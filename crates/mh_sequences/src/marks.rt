//! What the sequences of a folder say of its messages.

ghost use Rattle.std.specs.Prelude.{◌≡◌, IfOk};
ghost use Rattle.mh_sequences.specs.Marks as spec;

use crate::members::Members;
use crate::sequences::Sequences;
use mail_base::{Flags, NoMemory};
use std::alloc::Global;

/// The numbers in the sequences of flags, of all lines of their names.
#[derive(Drop)]
pub struct Marks {
    pub unseen: Members,
    pub flagged: Members,
    pub replied: Members,
}

impl Marks {
    /// The marks in a file of sequences.
    pub fn read(alloc: Global, bytes: &[u8]) -> Result<Marks, NoMemory>
        ensures { IfOk result (spec.AreMarks bytes.now) }
    {
        let sequences = Sequences::read(alloc, bytes)?;
        Ok(Marks {
            unseen: sequences.members(alloc, b"unseen")?,
            flagged: sequences.members(alloc, b"flagged")?,
            replied: sequences.members(alloc, b"replied")?,
        })
    }

    /// The flags of a message: seen and aged is what is not marked as unseen.
    pub fn flags(&self, number: u32) -> Flags
        ensures { result ≡ spec.flags_marked self.now number }
    {
        let is_seen = !self.unseen.holds(number);
        Flags {
            seen: is_seen,
            aged: is_seen,
            replied: self.replied.holds(number),
            flagged: self.flagged.holds(number),
            passed: false,
            draft: false,
            trashed: false,
        }
    }
}
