//! The sequences of a folder (mh-sequence(5)).

ghost use Rattle.std.specs.Prelude.{◌≡◌, ◌++◌, ◌∷◌, ℕ, [], IfOk, OnOk, OnErr, true};
ghost use Rattle.mh_sequences.specs.Laws.{are_upright};
ghost use Rattle.mh_sequences.specs.Marks.{has_member};
ghost use Rattle.mh_sequences.specs.SequenceLine as one;
ghost use Rattle.mh_sequences.specs.Sequences as spec;

use crate::members::Members;
use crate::range::Range;
use crate::sequence_line::SequenceLine;
use mail_base::{Bytes, NoMemory, Series};
use std::alloc::Global;
use std::marker::Model;

/// The lines of the file of sequences. Contracts see each sequence as its name and its ranges in
/// rising order, and each other line as it is, without its line end.
#[derive(Drop)]
pub struct Sequences {
    lines: Series<SequenceLine>,
    alloc: Global,
}

impl Model for Sequences {
    ghost use Rattle.std.specs.Prelude.{List};
    ghost use Rattle.mh_sequences.specs.SequenceLine.{PlainLine};
    ghost use Rattle.mh_sequences.specs.Sequences.{plain_lines};

    ghost Value = { List PlainLine };

    ghost view = { λ s. plain_lines s.lines.items };
}

fn any_has_name(lines: &[SequenceLine], name: &[u8]) -> bool
    ensures { result ≡ spec.any_has_name name.now (spec.plain_lines lines.now) }
{
    let mut left = lines;
    while let [line, rest @ ..] = left {
        if line.has_name(name) {
            return true;
        }
        left = rest;
    }
    false
}

fn any_holds(lines: &[SequenceLine], name: &[u8], number: u32) -> bool
    ensures { result ≡ spec.holds name.now number (spec.plain_lines lines.now) }
{
    let mut left = lines;
    while let [line, rest @ ..] = left {
        if line.holds(name, number) {
            return true;
        }
        left = rest;
    }
    false
}

// The ranges of the sequences of the name, as they stand in the lines.
fn ranges_of(alloc: Global, lines: &[SequenceLine], name: &[u8]) -> Result<Vec<Range>, NoMemory>
    ensures { IfOk result (λ r. r.items ≡ spec.ranges_of name.now (spec.plain_lines lines.now)) }
{
    let mut ranges = Vec::new(alloc);
    let mut left = lines;
    while let [line, rest @ ..] = left {
        ranges.extend_from_slice(line.ranges_of(name))?;
        left = rest;
    }
    Ok(ranges)
}

fn read_lines(alloc: Global, bytes: &[u8]) -> Result<Series<SequenceLine>, NoMemory>
    ensures { IfOk result (λ l. spec.plain_lines l.items ≡ spec.lines_from [] bytes.now) }
{
    let mut lines = Series::new(alloc);
    let mut line = Bytes::new(alloc);
    let mut left = bytes;
    while let [first, rest @ ..] = left {
        if *first == b'\n' {
            lines.push(SequenceLine::read(alloc, line.as_slice())?)?;
            line = Bytes::new(alloc);
        } else {
            line.push(*first)?;
        }
        left = rest;
    }
    push_last(alloc, &mut lines, line.as_slice())?;
    Ok(lines)
}

// Adds a line without a line end, if it is not empty.
fn push_last(alloc: Global, lines: &mut Series<SequenceLine>, line: &[u8]) -> Result<(), NoMemory>
    ensures { OnOk result (spec.plain_lines lines.new.items
        ≡ spec.plain_lines lines.old.items ++ spec.last_line line.now) }
{
    if !line.is_empty() {
        lines.push(SequenceLine::read(alloc, line)?)?;
    }
    Ok(())
}

// Adds a sequence without numbers, where there is none of the name.
fn push_missing(
    alloc: Global,
    lines: &mut Series<SequenceLine>,
    name: &[u8],
) -> Result<(), NoMemory>
    ensures { OnOk result (spec.plain_lines lines.new.items
        ≡ spec.with_name name.now (spec.plain_lines lines.old.items)) }
{
    if !any_has_name(lines.as_slice(), name) {
        lines.push(SequenceLine::empty(alloc, name)?)?;
    }
    Ok(())
}

fn without_number(
    alloc: Global,
    lines: &[SequenceLine],
    number: u32,
) -> Result<Series<SequenceLine>, NoMemory>
    ensures { IfOk result (λ l. spec.plain_lines l.items
        ≡ spec.without_number number (spec.plain_lines lines.now)) }
{
    let mut made = Series::new(alloc);
    let mut left = lines;
    while let [line, rest @ ..] = left {
        made.push(line.without(alloc, number)?)?;
        left = rest;
    }
    Ok(made)
}

// The lines of which those of the name are without the number.
fn without_member(
    alloc: Global,
    lines: &[SequenceLine],
    name: &[u8],
    number: u32,
) -> Result<Series<SequenceLine>, NoMemory>
    ensures { IfOk result (λ l. spec.plain_lines l.items
        ≡ spec.without_member name.now number (spec.plain_lines lines.now)) }
{
    let mut made = Series::new(alloc);
    let mut left = lines;
    while let [line, rest @ ..] = left {
        if line.has_name(name) {
            made.push(line.without(alloc, number)?)?;
        } else {
            made.push(line.copy(alloc)?)?;
        }
        left = rest;
    }
    Ok(made)
}

fn append_copies(
    lines: &mut Series<SequenceLine>,
    alloc: Global,
    more: &[SequenceLine],
) -> Result<(), NoMemory>
    ensures { OnOk result (spec.plain_lines lines.new.items
        ≡ spec.plain_lines lines.old.items ++ spec.plain_lines more.now) }
{
    let mut left = more;
    while let [line, rest @ ..] = left {
        push_copy(lines, alloc, line)?;
        left = rest;
    }
    Ok(())
}

// The lines of which the first of the name has the number, or a new one behind all.
fn with_member(
    alloc: Global,
    lines: &[SequenceLine],
    name: &[u8],
    number: u32,
) -> Result<Series<SequenceLine>, NoMemory>
    ensures { IfOk result (λ l. spec.plain_lines l.items
        ≡ spec.with_member name.now number (spec.plain_lines lines.now)) }
{
    let mut made = Series::new(alloc);
    push_with_member(&mut made, alloc, lines, name, number)?;
    Ok(made)
}

// Adds the lines of which the first of the name has the number, or a new one behind all.
fn push_with_member(
    made: &mut Series<SequenceLine>,
    alloc: Global,
    lines: &[SequenceLine],
    name: &[u8],
    number: u32,
) -> Result<(), NoMemory>
    ensures { OnOk result (spec.plain_lines made.new.items ≡ spec.plain_lines made.old.items
        ++ spec.with_member name.now number (spec.plain_lines lines.now)) }
{
    let mut left = lines;
    while let [line, rest @ ..] = left {
        if line.has_name(name) {
            push_with_number(made, alloc, line, number)?;
            return append_copies(made, alloc, rest);
        }
        push_copy(made, alloc, line)?;
        left = rest;
    }
    push_new(made, alloc, name, number)
}

fn push_with_number(
    made: &mut Series<SequenceLine>,
    alloc: Global,
    line: &SequenceLine,
    number: u32,
) -> Result<(), NoMemory>
    ensures { OnOk result (spec.plain_lines made.new.items
        ≡ spec.plain_lines made.old.items
        ++ (one.with_number number (one.plain_line line.now) ∷ [])) }
{
    made.push(line.with_number(alloc, number)?)
}

fn push_copy(
    made: &mut Series<SequenceLine>,
    alloc: Global,
    line: &SequenceLine,
) -> Result<(), NoMemory>
    ensures { OnOk result (spec.plain_lines made.new.items
        ≡ spec.plain_lines made.old.items ++ (one.plain_line line.now ∷ [])) }
{
    made.push(line.copy(alloc)?)
}

fn push_new(
    made: &mut Series<SequenceLine>,
    alloc: Global,
    name: &[u8],
    number: u32,
) -> Result<(), NoMemory>
    ensures { OnOk result (spec.plain_lines made.new.items
        ≡ spec.plain_lines made.old.items
        ++ (one.with_number number (one.empty_line name.now) ∷ [])) }
{
    made.push(SequenceLine::empty(alloc, name)?.with_number(alloc, number)?)
}

impl Sequences {
    /// The sequences of a file. Those of the names `unseen`, `flagged` and `replied` that it lacks
    /// stand last in this order, without numbers.
    pub fn read(alloc: Global, bytes: &[u8]) -> Result<Sequences, NoMemory>
        ensures { IfOk result (λ s. s ≡ spec.sequences_of bytes.now) }
    {
        let mut lines = read_lines(alloc, bytes)?;
        push_missing(alloc, &mut lines, b"unseen")?;
        push_missing(alloc, &mut lines, b"flagged")?;
        push_missing(alloc, &mut lines, b"replied")?;
        Ok(Sequences { lines, alloc })
    }

    /// Whether a sequence of the name holds the number. Of two lines of one name both count.
    pub fn holds(&self, name: &[u8], number: u32) -> bool
        ensures { result ≡ spec.holds name.now number self.now }
    {
        any_holds(self.lines.as_slice(), name, number)
    }

    /// The numbers in the sequences of the name.
    pub fn members(&self, alloc: Global, name: &[u8]) -> Result<Members, NoMemory>
        requires { are_upright self.now ≡ true }
        ensures { IfOk result (λ m. (n : ℕ) → has_member m n ≡ spec.holds name.now n self.now) }
    {
        let ranges = ranges_of(alloc, self.lines.as_slice(), name)?;
        Ok(Members::of(alloc, ranges)?)
    }

    /// Puts the number into the first sequence of the name, or takes it out of all of the name.
    /// Without memory all stays as it was. It takes time by the length of the file.
    pub fn put(&mut self, name: &[u8], number: u32, member: bool) -> Result<(), NoMemory>
        ensures ok { OnOk result (self.new ≡ spec.put name.now number member self.old) }
        ensures err { OnErr result (self.new ≡ self.old) }
    {
        if self.holds(name, number) == member {
            return Ok(());
        }
        self.lines = if member {
            with_member(self.alloc, self.lines.as_slice(), name, number)?
        } else {
            without_member(self.alloc, self.lines.as_slice(), name, number)?
        };
        Ok(())
    }

    /// Takes the number out of all sequences. Without memory all stays as it was.
    pub fn drop_number(&mut self, number: u32) -> Result<(), NoMemory>
        ensures ok { OnOk result (self.new ≡ spec.without_number number self.old) }
        ensures err { OnErr result (self.new ≡ self.old) }
    {
        self.lines = without_number(self.alloc, self.lines.as_slice(), number)?;
        Ok(())
    }

    /// The file of the sequences; one without numbers is not written.
    pub fn write(&self, alloc: Global) -> Result<Bytes, NoMemory>
        ensures { IfOk result (λ b. b.items ≡ spec.file_of self.now) }
    {
        let mut text = Bytes::new(alloc);
        append_lines(alloc, &mut text, self.lines.as_slice())?;
        Ok(text)
    }
}

fn append_lines(alloc: Global, text: &mut Bytes, lines: &[SequenceLine]) -> Result<(), NoMemory>
    ensures { OnOk result (text.new.items
        ≡ text.old.items ++ spec.file_of (spec.plain_lines lines.now)) }
{
    let mut left = lines;
    while let [line, rest @ ..] = left {
        line.append_to(alloc, text)?;
        left = rest;
    }
    Ok(())
}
------------
### TASK INSTRUCTIONS:
If a line comes after the one containing "a file of sequences.", leave it out; set down every line of the data before it, and that line itself, exactly.

### SOLVED PROBLEM:
filename crates/mh_sequences/src/marks.rt
//! What the sequences of a folder say of its messages.

ghost use Rattle.std.specs.Prelude.{◌≡◌, IfOk};
ghost use Rattle.mh_sequences.specs.Marks as spec;

use crate::members::Members;
use crate::sequences::Sequences;
use mail_base::{Flags, NoMemory};
use std::alloc::Global;

/// The numbers in the sequences of flags, of all lines of their names.
#[derive(Drop)]
pub struct Marks {
    pub unseen: Members,
    pub flagged: Members,
    pub replied: Members,
}

impl Marks {
    /// The marks in a file of sequences.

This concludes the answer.